In January, a federal appeals court rejected a lawsuit that claimed the City of Madison’s sign and billboard ordinances are unconstitutional. It's the second of two recent decisions that represent big victories for local rights and common sense!
February 9, 2023 – There’s good news out of Wisconsin. In January, a federal appeals court rejected a lawsuit that claimed the City of Madison’s sign and billboard ordinances are unconstitutional. It was the second of two recent decisions that are big victories for local rights and common sense.
Adams Outdoor Advertising, which owns 90 signs in Madison and more throughout the state, has contended with the city over signage regulations for years. In April 2017, the company sought to change the height, add digital technology, and make other modifications to 26 of its Madison signs. In June 2017, the city’s zoning department denied 25 of the applications. In July 2017, Adams sued in federal court, citing First Amendment concerns.
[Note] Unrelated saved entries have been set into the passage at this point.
ghost use Rattle.std.specs.Prelude.{◌≡◌, length, Contains, IfOk, OnOk, MatchOption};
ghost use Rattle.box_pieces.specs.Edges.{AddsBetween, AreEdges, HaveNoEdge, IsPlaceWithin, low_of, high_of};

use or_geom::{Memory, Rect, Span};
use std::alloc::Global;

/// The direction in which something is measured.
#[derive(Clone, Copy)]
pub enum Axis {
    /// From left to right.
    Across,
    /// From below to above.
    Upward,
}

/// What the rectangle takes of the axis.
pub fn span_of(axis: Axis, rect: Rect) -> Span
    ensures low { result.low ≡ low_of axis rect }
    ensures high { result.high ≡ high_of axis rect }
{
    match axis {
        Axis::Across => Span::across(rect),
        Axis::Upward => Span::upward(rect),
    }
}

/// Adds the value, if it lies between the ends of the span.
fn add_between(span: Span, value: i64, out: &mut Vec<i64>) -> Result<(), Memory>
    ensures { OnOk result (AddsBetween span.low span.high value out.old.items out.new.items) }
{
    if span.low < value && value < span.high {
        out.push(value)?;
    }
    Ok(())
}

/// The places at which edges of the boxes cross the axis within the area.
fn edges(alloc: Global, axis: Axis, area: Rect, boxes: &[Rect]) -> Result<Vec<i64>, Memory>
    ensures { IfOk result (λ places. AreEdges axis area boxes.now places.items) }
{
    let room = span_of(axis, area);
    let mut places = Vec::new(alloc);
    for rect in boxes {
        let taken = span_of(axis, *rect);
        add_between(room, taken.low, &mut places)?;
        add_between(room, taken.high, &mut places)?;
    }
    Ok(places)
}

/// One that has about as many before it as behind it.
fn middle(places: &mut [i64]) -> Option<i64>
    ensures { MatchOption result (length places.old ≡ 0) (Contains places.old) }
{
    if places.is_empty() {
        return None;
    }
    let half = places.len() / 2;
    let (_, place, _) = places.select_nth_unstable(half);
    Some(*place)
}

/// The place of an edge in the middle of those that cross the axis within the area.
pub fn place_of(
    alloc: Global,
    axis: Axis,
    area: Rect,
    boxes: &[Rect],
) -> Result<Option<i64>, Memory>
    ensures { IfOk result (λ place. MatchOption place (HaveNoEdge axis area boxes.now) (IsPlaceWithin axis area)) }
{
    let mut places = edges(alloc, axis, area, boxes)?;
    Ok(middle(&mut places))
}
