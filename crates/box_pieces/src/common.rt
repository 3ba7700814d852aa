ghost use Rattle.std.specs.Prelude.{MatchOption, IfOk};
ghost use Rattle.box_pieces.specs.Cells.{IsIntersection, ShareNoCell, AreParts, HaveNone, IsBoundOf};

use or_geom::{Memory, Rect, around, holds};
use std::alloc::Global;

/// What the rectangles have in common, if they share area.
pub fn common(a: Rect, b: Rect) -> Option<Rect>
    ensures { MatchOption result (ShareNoCell a b) (IsIntersection a b) }
{
    let x1 = a.x1.max(b.x1);
    let y1 = a.y1.max(b.y1);
    let x2 = a.x2.min(b.x2);
    let y2 = a.y2.min(b.y2);
    if x2 <= x1 {
        return None;
    }
    if y2 <= y1 {
        return None;
    }
    Some(Rect { x1, y1, x2, y2 })
}

/// The boxes' parts in the area; the area alone where one of the boxes covers it.
pub fn within(alloc: Global, area: Rect, boxes: &[Rect]) -> Result<Vec<Rect>, Memory>
    ensures { IfOk result (λ parts. AreParts area boxes.now parts.items) }
{
    let mut parts = Vec::new(alloc);
    for rect in boxes {
        if holds(*rect, area) {
            return Ok(vec![in alloc; area]?);
        }
        let Some(part) = common(*rect, area) else {
            continue;
        };
        parts.push(part)?;
    }
    Ok(parts)
}

/// The least rectangle that contains all of the boxes.
pub fn bounds(boxes: &[Rect]) -> Option<Rect>
    ensures { MatchOption result (HaveNone boxes.now) (IsBoundOf boxes.now) }
{
    let (first, others) = boxes.split_first()?;
    let mut area = *first;
    for rect in others {
        area = around(area, *rect);
    }
    Some(area)
}
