//! Laws of the logic row: cells that stand near each other stand so in a small memory, and their nets move alike.
#![tactic(auto)]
In April 2020, a federal judge determined there was no constitutional problem with Madison’s ordinances. “Whether the Capitol Square should look like Times Square is a decision that Madison city government is entitled to make,” U.S. District Judge James Peterson said in his ruling. The company promptly appealed the decision.
On January 4, 2023, the U.S. Court of Appeals, 7th Circuit, upheld the federal district court’s dismissal of Adams’ claims.
In her ruling, Chief Judge Diana Sykes of the 7th Circuit, a highly respected and influential conservative judge, wrote: “…Billboards by their very nature can be perceived as an esthetic harm. Likewise, the connection between billboards and traffic safety is too obvious to require empirical proof. It does not take a double-blind empirical study, or a linear regression analysis, to know that the presence of overhead signs and banners is bound to cause some drivers to slow down in order to read the sign before passing it.”
The Adams decision follows a related ruling that the U.S. Supreme Court made in April 2022. In City of Austin v. Reagan National Advertising, SCOTUS held that the City of Austin’s regulations – which differentiate between signs located at a business premise and billboards (those located off-site) – do not violate First Amendment rights. The city generally bans new off-premises signs and prohibits pre-existing off-premises signs from converting to digital.
In a 6-3 decision, SCOTUS reversed a ruling in the matter by the U.S. Court of Appeals, 5th Circuit. In the majority opinion, Justice Sonia Sotomayor wrote that the city ordinances are plainly content-agnostic and do not “single out any topic or subject matter for differential treatment.”
Scenic Utah, together with other scenic affiliates and viewshed protection advocates, applauds these judicial decisions. Allowing municipalities to use consistently applied, community-focused ordinances to control digital signage and other adverse signage impacts is huge victory, in Utah and across America.